The noninflammatory diarrhea will be defined if 1)negative for C. difficile toxin and 2) no WBC on stool examination and 3) dramatic response to diet adjustment or 4) no mucosal inflammation or ulceration if colonoscopy is performed
The patients who do not respond to diet modification, but do not undergo colonoscopy will be excluded because the definite diagnosis cannot be made.
Details
| Condition | Diarrhea, Calprotectin |
|---|---|
| Age | 18years - 80years |
| Treatment | Fecal calprotectin |
| Clinical Study Identifier | NCT04491799 |
| Sponsor | Mahidol University |
| Last Modified on | 19 February 2024 |
How to participate?
Additional screening procedures may be conducted by the study team before you can be confirmed eligible to participate.
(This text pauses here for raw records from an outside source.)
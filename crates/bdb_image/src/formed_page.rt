ghost use Rattle.std.specs.Prelude.{◌≡◌, ◌==◌, ◌&&◌, ◌≤◌, ◌∷◌, [], if◌then◌else◌, false, length};
ghost use Rattle.bdb_image.specs.Told.{is_headed, is_metadata, told_type};
ghost use Rattle.bdb_faults.specs.of_format.Terms.{child_types, file_of, four_at, has_bit, has_type, header_in, is_hash_meta, is_meta, is_spare, is_zero};
ghost use Rattle.bdb_faults.specs.of_format.Terms.{is_zero_page, page_at, piece_in, root_types, type_in};

use crate::Formed;
use bdb_faults::{BtreeMeta, Header, Order, PageType, keyed_types, record_types};
use bdb_meta::{header, page_type, u16_at, u32_at};
use bdb_slots::is_zero_at;
use std::marker::Model;

/// A page of a formed image, where its bytes lie.
#[derive(Drop)]
pub struct FormedPage<'a> {
    bytes: &'a [u8],
    order: Order,
    // None of a zero page.
    page_type: Option<PageType>,
}

impl<'a> Model for FormedPage<'a> {
    ghost use Rattle.bdb_faults.specs.of_format.Terms.{Page, abstract_page};
    ghost use Rattle.bdb_image.specs.Told.{IsLooked};

    ghost Value = { Page };

    ghost view = { λ v. abstract_page v.order v.bytes.now };

    ghost invariant = { λ v. IsLooked v.bytes.now v.page_type };
}

/// A page up to the last one.
#[tactic(auto, using(crate::proofs::FitLemmas::looked_pages))]
pub fn page_at<'a>(formed: &Formed<'a>, number: u32) -> FormedPage<'a>
    requires { number ≤ (file_of formed.now).last }
    ensures { result ≡ page_at (file_of formed.now) number }
{
    let bytes = formed.page_bytes(number);
    let order = formed.head().order;
    FormedPage {
        bytes,
        order,
        page_type: told_type(bytes, number, order),
    }
}

// The type of a page that tells its own number; a zero page has none.
fn told_type(page: &[u8], number: u32, order: Order) -> Option<PageType>
    requires header { 26 ≤ length page.now }
    requires told { is_zero page.now ≡ false → four_at order page.now 8 ≡ number }
    ensures { result ≡ told_type page.now }
{
    if is_zero_at(page, number, order) {
        None
    } else {
        Some(page_type(page))
    }
}

// Whether pages of a type begin with the fields of a header.
fn is_headed(page_type: Option<PageType>) -> bool
    ensures { result ≡ is_headed page_type }
{
    !matches!(
        page_type,
        None | Some(
            PageType::HashMeta
                | PageType::BtreeMeta
                | PageType::QueueMeta
                | PageType::Queue
                | PageType::Other
        )
    )
}

/// Whether a type is one of metadata.
pub(crate) fn is_metadata(page_type: Option<PageType>) -> bool
    ensures { result ≡ is_metadata page_type }
{
    matches!(
        page_type,
        Some(PageType::HashMeta | PageType::BtreeMeta | PageType::QueueMeta)
    )
}

// The types that the root of a tree with these flags may have: those of a recno where it is one.
fn root_types(flags: u32) -> &'static [u8]
    ensures { result.now ≡ (if has_bit flags 2 then 4 ∷ 6 ∷ [] else 3 ∷ 5 ∷ []) }
{
    if flags & BtreeMeta::RECNO != 0 {
        &[PageType::RECNO_INTERNAL, PageType::RECNO_LEAF]
    } else {
        &[PageType::INTERNAL, PageType::LEAF]
    }
}

// Whether a page with this header has no entry, and stands alone in its list.
fn is_bare(header: Header) -> bool
    ensures { result ≡ (header.entries == 0 && header.previous == 0 && header.next == 0) }
{
    header.entries == 0 && header.previous == 0 && header.next == 0
}

impl<'a> FormedPage<'a> {
    /// Whether all its bytes are 0.
    #[tactic(auto, using(crate::proofs::FitLemmas::is_zero_page_is))]
    pub(crate) fn is_zero(&self) -> bool
        ensures { result ≡ is_zero_page self.now }
    {
        self.page_type.is_none()
    }

    /// Its type byte; a zero page has none.
    #[tactic(auto, using(crate::proofs::FitLemmas::type_is))]
    pub(crate) fn type_byte(&self) -> Option<u8>
        ensures { result ≡ type_in self.now }
    {
        match self.page_type {
            None | Some(PageType::Other) => None,
            Some(_) => Some(self.bytes[25]),
        }
    }

    /// The page before it; 0 where it has no header.
    #[tactic(auto, using(crate::proofs::FitLemmas::headed_previous, crate::proofs::FitLemmas::unheaded))]
    pub fn previous(&self) -> u32
        ensures { result ≡ (header_in self.now).previous }
    {
        if is_headed(self.page_type) {
            u32_at(self.bytes, 12, self.order)
        } else {
            0
        }
    }

    /// The page after it; 0 where it has no header.
    #[tactic(auto, using(crate::proofs::FitLemmas::headed_next, crate::proofs::FitLemmas::unheaded))]
    pub fn next(&self) -> u32
        ensures { result ≡ (header_in self.now).next }
    {
        if is_headed(self.page_type) {
            u32_at(self.bytes, 16, self.order)
        } else {
            0
        }
    }

    /// How many entries its header tells; 0 where it has none.
    #[tactic(auto, using(crate::proofs::FitLemmas::headed_entries, crate::proofs::FitLemmas::unheaded))]
    pub fn entries(&self) -> u16
        ensures { result ≡ (header_in self.now).entries }
    {
        if is_headed(self.page_type) {
            u16_at(self.bytes, 20, self.order)
        } else {
            0
        }
    }

    /// Its level; 0 where it has no header.
    #[tactic(auto, using(crate::proofs::FitLemmas::headed_level, crate::proofs::FitLemmas::unheaded))]
    pub(crate) fn level(&self) -> u8
        ensures { result ≡ (header_in self.now).level }
    {
        if is_headed(self.page_type) {
            self.bytes[24]
        } else {
            0
        }
    }

    /// Whether it's a page of a chain.
    #[tactic(auto, using(crate::proofs::FitLemmas::overflow_is))]
    pub fn is_overflow(&self) -> bool
        ensures { result ≡ has_type (7 ∷ []) (type_in self.now) }
    {
        matches!(self.page_type, Some(PageType::Overflow))
    }

    /// How many bytes of a value it holds; none where it isn't a page of a chain.
    #[tactic(auto, using(crate::proofs::PieceLemmas::piece_lengths))]
    pub fn piece_len(&self) -> u32
        ensures { result ≡ length (piece_in self.now) }
    {
        match self.page_type {
            Some(PageType::Overflow) => {
                let told = usize::from(u16_at(self.bytes, 22, self.order));
                told.min(self.bytes.len() - 26) as u32
            }
            _ => 0,
        }
    }

    /// The types that the root of a tree may have, where this is btree metadata.
    #[tactic(auto, using(crate::proofs::FitLemmas::tree_root, crate::proofs::FitLemmas::no_root))]
    pub(crate) fn root_types(&self) -> &'static [u8]
        ensures { result.now ≡ root_types self.now }
    {
        match self.page_type {
            Some(PageType::BtreeMeta) => root_types(u32_at(self.bytes, 48, self.order)),
            _ => &[],
        }
    }

    /// The types that a page below may have, where this is an internal page.
    #[tactic(auto, using(crate::proofs::FitLemmas::types_of_children))]
    pub(crate) fn child_types(&self) -> &'static [u8]
        ensures { result.now ≡ child_types self.now }
    {
        match self.page_type {
            Some(PageType::Internal) => keyed_types(self.bytes[24]),
            Some(PageType::RecnoInternal) => record_types(self.bytes[24]),
            _ => &[],
        }
    }
}

// The roles that a page may have.
impl<'a> FormedPage<'a> {
    /// Whether it's metadata.
    #[tactic(auto, using(crate::proofs::RoleLemmas::meta_is))]
    pub fn is_meta(&self) -> bool
        ensures { result ≡ is_meta self.now }
    {
        is_metadata(self.page_type)
    }

    /// Whether it's the metadata of a hash table.
    #[tactic(auto, using(crate::proofs::RoleLemmas::table_is, crate::proofs::RoleLemmas::table_is_not))]
    pub fn is_hash_meta(&self) -> bool
        ensures { result ≡ is_hash_meta self.now }
    {
        matches!(self.page_type, Some(PageType::HashMeta))
    }

    /// Whether a table may hold it in reserve, as long as no reference names it.
    #[tactic(auto, using(crate::proofs::RoleLemmas::spare_pages))]
    pub fn is_spare(&self) -> bool
        ensures { result ≡ is_spare self.now }
    {
        match self.page_type {
            None => true,
            Some(PageType::Free) => u32_at(self.bytes, 16, self.order) == 0,
            Some(PageType::Hash) => is_bare(header(self.bytes, self.order)),
            _ => false,
        }
    }
}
Learn moreIf you are confirmed eligible after full screening, you will be required to understand and sign the informed consent if you decide to enroll in the study. Once enrolled you may be asked to make scheduled visits over a period of time.
Learn moreComplete your scheduled study participation activities and then you are done. You may receive summary of study results if provided by the sponsor.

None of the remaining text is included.